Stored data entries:
════════
fn root() -> &'static [(&'static str, &'static str)] {
    &[
        ("mkdir / 755", "O1 BadPath"),
        ("create / 644", "O1 BadPath"),
        ("symlink / t", "O1 BadPath"),
        ("write / 0 1", "O1 BadPath"),
        ("truncate / 0", "O1 BadPath"),
        ("link / /x", "O1 BadPath"),
        ("link /a /", "O1 BadPath"),
        ("rename /a /", "O1 BadPath"),
    ]
}

/// Two refusals apply, of which the first is told: paths.
fn pairs() -> &'static [(&'static str, &'static str)] {
    &[
        ("rename x /none/y", "O1 BadPath"),
        ("rename /none/y x", "O1 BadPath"),
        ("link / /a/b", "O1 BadPath"),
        ("link /a/b /", "O1 BadPath"),
        ("rename x /a", "O1 BadPath"),
        ("link /d x", "O1 BadPath"),
        ("truncate x 2147483648", "O1 BadPath"),
        ("mkdir x 10000", "O1 BadPath"),
        ("symlink x ", "O1 BadPath"),
        ("rename /none/x /a/b", "O3 NotFound"),
        ("rename /a/b /none/x", "O3 NotFound"),
        ("link /none/x /a/b", "O3 NotFound"),
        ("link /a/b /none/x", "O3 NotFound"),
        ("link /none /a/b", "O3 NotFound"),
        ("rename /none /a", "O3 NotFound"),
        ("link /q /a", "O3 NotFound"),
        ("link /d /none/x", "O3 NotFound"),
        ("rename /d /d/none/x", "O3 NotFound"),
        ("truncate /none 2147483648", "O3 NotFound"),
        ("write /q 2147483647 1", "O3 NotFound"),
        ("mkdir /none/x 10000", "O3 NotFound"),
        ("symlink /none/x ", "O3 NotFound"),
    ]
}

/// The same of what paths lead to.
fn later_pairs() -> &'static [(&'static str, &'static str)] {
    &[
        ("rename /a/b /d", "O4 NotDirectory"),
        ("link /d /a/x", "O4 NotDirectory"),
        ("rename /d /d/f/x", "O4 NotDirectory"),
        ("truncate /a/b 2147483648", "O4 NotDirectory"),
        ("write /a/b 2147483647 1", "O4 NotDirectory"),
        ("create /a/b 10000", "O4 NotDirectory"),
        ("symlink /a/b ", "O4 NotDirectory"),
        ("link /d /a", "O5 Exists"),
        ("rename /d /d/f", "O5 Exists"),
        ("rename /d /d", "O5 Exists"),
        ("mkdir /a 10000", "O5 Exists"),
        ("create /q 10000", "O5 Exists"),
        ("symlink /a ", "O5 Exists"),
        ("truncate /d 2147483648", "O6 WrongKind"),
        ("write /s 2147483647 1", "O6 WrongKind"),
    ]
}

fn missing() -> &'static [(&'static str, &'static str)] {
    &[
        ("mkdir /q 755", "O5 Exists"),
        ("create /q 644", "O5 Exists"),
        ("symlink /q t", "O5 Exists"),
        ("write /q 0 1", "O3 NotFound"),
        ("truncate /q 0", "O3 NotFound"),
        ("link /q /x", "O3 NotFound"),
        ("link /a /q", "O5 Exists"),
        ("remove /q", "clear 1 q"),
        ("rename /q /x", "O3 NotFound"),
        ("rename /a /q", "O5 Exists"),
        ("create /q/x 644", "O3 NotFound"),
        ("symlink /q/x t", "O3 NotFound"),
        ("write /q/x 0 1", "O3 NotFound"),
        ("truncate /q/x 0", "O3 NotFound"),
        ("link /q/x /y", "O3 NotFound"),
        ("link /a /q/x", "O3 NotFound"),
        ("remove /q/x", "O3 NotFound"),
        ("rename /q/x /y", "O3 NotFound"),
        ("rename /a /q/x", "O3 NotFound"),
        ("rename /h/x /y", "O3 NotFound"),
    ]
}

/// Files with bytes: a first piece, those of further pages, and the name.
fn files() -> &'static [(&'static str, &'static str)] {
    &[
        ("file /x 644 0", "make 100644 5 6 [], set 1 x 58"),
        ("file /d/x 7777 3", "make 107777 5 6 [ZZZ], set 3 x 58"),
        ("file /x 644 4096", "make 100644 5 6 [4096], set 1 x 58"),
        (
            "file /x 644 4097",
            "make 100644 5 6 [4096], put 58 4096 1, set 1 x 58",
        ),
        (
            "file /n/x 0 12288",
            "make 100000 5 6 [4096], put 58 4096 4096, put 58 8192 4096, set 10 x 58",
        ),
        ("file / 644 1", "O1 BadPath"),
        ("file x 10000 1", "O1 BadPath"),
        ("file /none/x 644 1", "O3 NotFound"),
        ("file /q/x 10000 1", "O3 NotFound"),
        ("file /a/b 644 1", "O4 NotDirectory"),
        ("file /s/x 10000 0", "O4 NotDirectory"),
        ("file /a 644 1", "O5 Exists"),
        ("file /a 10000 0", "O5 Exists"),
        ("file /d 644 1", "O5 Exists"),
        ("file /q 644 1", "O5 Exists"),
        ("file /h/x 644 1", "O5 Exists"),
        ("file /x 10000 1", "O10 BadMode"),
        ("file /x 100644 0", "O10 BadMode"),
        ("file /x 77777 9000", "O10 BadMode"),
    ]
}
════════
### EXERCISE OBJECTIVE
Among the records above, find each line containing the string "truncate" and copy it.

### YOUR SOLUTION
        ("truncate / 0", "O1 BadPath"),
        ("truncate x 2147483648", "O1 BadPath"),
        ("truncate /none 2147483648", "O3 NotFound"),
        ("truncate /a/b 2147483648", "O4 NotDirectory"),
        ("truncate /d 2147483648", "O6 WrongKind"),
        ("truncate /q 0", "O3 NotFound"),
        ("truncate /q/x 0", "O3 NotFound"),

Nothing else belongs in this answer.